* **TRY IT**
Lines with "TrueIdxIter": please show every one of them from the listing below.
#### DATASET RECORDS ####
//! The cursors of masks and the items that they return, as records and numbers of the C interface.
ghost use Rattle.std.specs.Prelude.{ℕ, ◌≡◌};
ghost use Rattle.words.specs.Flags.{digit};
ghost use Rattle.masks.specs.equations.Answer.{answer, answer_back};
ghost use Rattle.masks.specs.equations.Cursor.{answer_step};
ghost use Rattle.capi.specs.declared.records.Cursor.{Cursor};
ghost use Rattle.capi.specs.Answers.{as_cursor, as_remainder, as_step, as_taken};
ghost use Rattle.capi.specs.Records.{chunks_out, cursor_of, iter_out, slices_out, true_out};
ghost use Rattle.capi.specs.Records.{chunks_place, iter_place, slices_place, true_place};

use crate::answers::{CursorAnswer, StepAnswer};
use crate::records::Cursor;
use masks::chunks::BitChunks;
use masks::cursor::Step;
use masks::iterator::BitmapIter;
use masks::refusal::{Refusal, Refused};
use masks::slice_iterator::{Run, SlicesIterator};
use masks::true_idx::TrueIdxIter;

// A cursor of masks. A new one is returned as the record `out`, and after a step only as the number `place`.
pub(crate) trait Walk: Copy {
    ghost crossing: { Self → Cursor };

    ghost standing: { Self → ℕ };

    // Returns the cursor's record.
    fn out(self) -> Cursor
        ensures { result ≡ crossing self };

    // Returns the cursor's place. `out` has it too, but a step's contract names only the place, so that no export has to unfold the record.
    fn place(self) -> usize
        ensures { result ≡ standing self };
}

// An item that a cursor returns. `parts` returns it as `value` and `count` of a step: by `as`, since a u64 has no `From` of a `usize`.
pub(crate) trait Item: Copy {
    ghost valued: { Self → ℕ };

    ghost counted: { Self → ℕ };

    fn parts(self) -> (u64, usize)
        ensures { result ≡ (valued self, counted self) };
}

// Returns a cursor's record, for the four impls below. It is no default body: that cannot read the fields, and each impl unfolds its own
// definition.
fn cursor_of(start: usize, length: usize, place: usize, masked: u8) -> Cursor
    ensures { result ≡ cursor_of start length place masked }
{
    Cursor {
        start,
        length,
        place,
        masked,
    }
}

#[tactic(auto, unfolding(crate::specs::Records::chunks_out))]
impl Walk for BitChunks {
    ghost crossing = { chunks_out };

    ghost standing = { chunks_place };

    fn out(self) -> Cursor {
        cursor_of(self.start, self.length, self.place, 1)
    }

    fn place(self) -> usize {
        self.place
    }
}

#[tactic(auto, unfolding(crate::specs::Records::slices_out))]
impl Walk for SlicesIterator {
    ghost crossing = { slices_out };

    ghost standing = { slices_place };

    fn out(self) -> Cursor {
        cursor_of(self.start, self.length, self.place, 1)
    }

    fn place(self) -> usize {
        self.place
    }
}

#[tactic(auto, unfolding(crate::specs::Records::iter_out))]
impl Walk for BitmapIter {
    ghost crossing = { iter_out };

    ghost standing = { iter_place };

    fn out(self) -> Cursor {
        cursor_of(self.start, self.length, self.place, 1)
    }

    fn place(self) -> usize {
        self.place
    }
}

#[tactic(auto, unfolding(crate::specs::Records::true_out))]
impl Walk for TrueIdxIter {
    ghost crossing = { true_out };

    ghost standing = { true_place };

    fn out(self) -> Cursor {
        cursor_of(self.start, self.length, self.place, self.masked.into())
    }

    fn place(self) -> usize {
        self.place
    }
}

impl Item for u64 {
    ghost valued = { λ n. n };

    ghost counted = { λ n. 0 };

    fn parts(self) -> (u64, usize) {
        (self, 0)
    }
}

impl Item for usize {
    ghost valued = { λ n. n };

    ghost counted = { λ n. 0 };

    fn parts(self) -> (u64, usize) {
        (self as u64, 0)
    }
}

impl Item for bool {
    ghost valued = { digit };

    ghost counted = { λ x. 0 };

    fn parts(self) -> (u64, usize) {
        (self.into(), 0)
    }
}

impl Item for Run {
    ghost valued = { λ r. r.start };

    ghost counted = { λ r. r.length };

    fn parts(self) -> (u64, usize) {
        (self.start as u64, self.length)
    }
}

// A new cursor.
#[tactic(auto, unfolding(crate::specs::Answers::as_cursor))]
impl<C: Walk> From<Result<C, Refusal>> for CursorAnswer {
    ghost from_gives = { λ r a. a ≡ as_cursor C.crossing (answer r) };

    fn from(r: Result<C, Refusal>) -> CursorAnswer {
        match r {
            Ok(c) => CursorAnswer {
                refusal: 0,
                cursor: c.out(),
            },
            Err(e) => CursorAnswer {
                refusal: e.into(),
                ..CursorAnswer::default()
            },
        }
    }
}

// An item, or none.
#[tactic(auto, unfolding(crate::specs::Answers::as_step))]
impl<T: Item, C: Walk> From<Result<Step<T, C>, Refused<C>>> for StepAnswer {
    ghost from_gives = { λ r a. a ≡ as_step T.valued T.counted C.standing (answer_step r) };

    fn from(r: Result<Step<T, C>, Refused<C>>) -> StepAnswer {
        match r {
            Ok(step) => match step.item {
                Some(item) => {
                    let (value, count) = item.parts();
                    StepAnswer {
                        refusal: 0,
                        found: true,
                        value,
                        count,
                        place: step.cursor.place(),
                    }
                }
                None => StepAnswer {
                    place: step.cursor.place(),
                    ..StepAnswer::default()
                },
            },
            Err(e) => StepAnswer {
                refusal: e.refusal.into(),
                place: e.state.place(),
                ..StepAnswer::default()
            },
        }
    }
}

// The number of flags passed over, or of positions written.
#[tactic(auto, unfolding(crate::specs::Answers::as_taken))]
impl<C: Walk> From<Result<(usize, C), Refused<C>>> for StepAnswer {
    ghost from_gives = { λ r a. a ≡ as_taken C.standing (answer_back r) };

    fn from(r: Result<(usize, C), Refused<C>>) -> StepAnswer {
        match r {
            Ok((count, c)) => StepAnswer {
                found: true,
                count,
                place: c.place(),
                ..StepAnswer::default()
            },
            Err(e) => StepAnswer {
                refusal: e.refusal.into(),
                place: e.state.place(),
                ..StepAnswer::default()
            },
        }
    }
}

// Returns the step of a remainder, whose cursor stays at `place`. Since `place` is a second argument, this is no `From`.
#[tactic(auto, unfolding(crate::specs::Answers::as_remainder))]
pub(crate) fn remainder_out(place: usize, r: Result<(u64, usize), Refused<BitChunks>>) -> StepAnswer
    ensures { result ≡ as_remainder place (answer_back r) }
{
    match r {
        Ok((value, count)) => StepAnswer {
            refusal: 0,
            found: true,
            value,
            count,
            place,
        },
        Err(e) => StepAnswer {
            refusal: e.refusal.into(),
            place,
            ..StepAnswer::default()
        },
    }
}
####
* **OUTPUT BELOW**
use masks::true_idx::TrueIdxIter;
impl Walk for TrueIdxIter {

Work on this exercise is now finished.